=== Work instruction ===
Copy each line that includes the string "Drain" from the material into your answer.

=== Material supplied ===
//! What an event came to, and by what it made the lists longer.
ghost use Rattle.std.specs.Prelude.{◌≡◌, drop};
ghost use Rattle.machine_model.specs.Events.{hart_of};
ghost use Rattle.trace_text.specs.History as history;
ghost use Rattle.event_stream.specs.Reports as reports;
ghost use Rattle.event_stream.specs.Telling.{lengths_of, report_of, report_behind};

use coherent_machine::{Machine, Views};
use hart::Retired;
use machine_types::{Event, Outcome};
use rv32_exec::Action;
use trace_text::trace_recorder::{Logged, OpId, Trace};

/// How long the lists are before an event of a hart, and how many events have changed the machine.
#[derive(Clone, Copy, Debug)]
pub struct Lengths {
    pub entries: usize,
    pub performed: usize,
    pub log: usize,
    pub output: usize,
    pub changes: u32,
}

/// An event by its index in the script, from 0, its outcome, what the instruction of a step was to do, the
/// machine behind it, and what it added to the lists.
#[derive(Clone, Copy)]
pub struct Report<'a> {
    pub index: usize,
    pub event: Event,
    pub outcome: Outcome,
    pub action: Option<Action>,
    pub machine: &'a Machine,
    pub entries: &'a [Retired],
    pub performed: &'a [OpId],
    pub log: &'a [Logged],
    pub output: &'a [u32],
}

/// The hart that an event is of.
pub fn hart_of(event: Event) -> u8
    ensures { result ≡ hart_of event }
{
    match event {
        Event::Step { hart }
        | Event::Drain { hart, .. }
        | Event::Evict { hart, .. }
        | Event::Deliver { hart, .. }
        | Event::Local { hart, .. } => hart,
    }
}

/// What a hart has retired; of one that isn't there, nothing.
fn entries_of(trace: &Trace, hart: usize) -> &[Retired]
    ensures { result.now ≡ history.entries_of trace.now.history hart }
{
    if hart < trace.harts() {
        trace.entries(hart)
    } else {
        &[]
    }
}

/// What a hart has put out; of one that isn't there, nothing.
fn outputs_of<'a>(views: Views<'a>, hart: usize) -> &'a [u32]
    ensures { result.now ≡ reports.outputs_of views.entry hart }
{
    if hart < views.harts() {
        views.output(hart)
    } else {
        &[]
    }
}

/// What the next instruction of a hart is to do, where there is such a hart.
fn action_at(machine: &Machine, hart: usize) -> Option<Action>
    ensures { result ≡ reports.action_at machine.now hart }
{
    if hart < machine.views().harts() {
        machine
            .views()
            .hart(hart)
            .next_action(machine.trace().image())
    } else {
        None
    }
}

/// What the instruction of a step is to do; of another event nothing.
pub fn action_of(machine: &Machine, event: Event) -> Option<Action>
    ensures { result ≡ reports.action_of machine.now event }
{
    match event {
        Event::Step { hart } => action_at(machine, hart as usize),
        Event::Drain { .. } | Event::Evict { .. } | Event::Deliver { .. } | Event::Local { .. } =>
            None,
    }
}

/// The items from this place on.
fn tail<T>(items: &[T], from: usize) -> &[T]
    ensures { result.now ≡ drop from items.now }
{
    if from <= items.len() {
        &items[from..]
    } else {
        &[]
    }
}

impl Lengths {
    /// The lengths in a machine, of this hart's lists and of all harts' together.
    pub fn of(machine: &Machine, hart: u8) -> Lengths
        ensures { result ≡ lengths_of machine.now hart }
    {
        let trace = machine.trace();
        Lengths {
            entries: entries_of(trace, hart as usize).len(),
            performed: trace.performed().len(),
            log: trace.log().len(),
            output: outputs_of(machine.views(), hart as usize).len(),
            changes: machine.views().changes(),
        }
    }
}

impl<'a> Report<'a> {
    /// What stands in a machine's lists behind these lengths, of an event whose instruction was to do this.
    pub fn behind(
        before: &Lengths,
        action: Option<Action>,
        machine: &'a Machine,
        index: usize,
        event: Event,
        outcome: Outcome,
    ) -> Report<'a>
        ensures { report_of result ≡ report_behind before.now action machine.now index event outcome }
    {
        let trace = machine.trace();
        let hart = hart_of(event) as usize;
        Report {
            index,
            event,
            outcome,
            action,
            machine,
            entries: tail(entries_of(trace, hart), before.entries),
            performed: tail(trace.performed(), before.performed),
            log: tail(trace.log(), before.log),
            output: tail(outputs_of(machine.views(), hart), before.output),
        }
    }
}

=== Worked solution ===
        | Event::Drain { hart, .. }
        Event::Drain { .. } | Event::Evict { .. } | Event::Deliver { .. } | Event::Local { .. } =>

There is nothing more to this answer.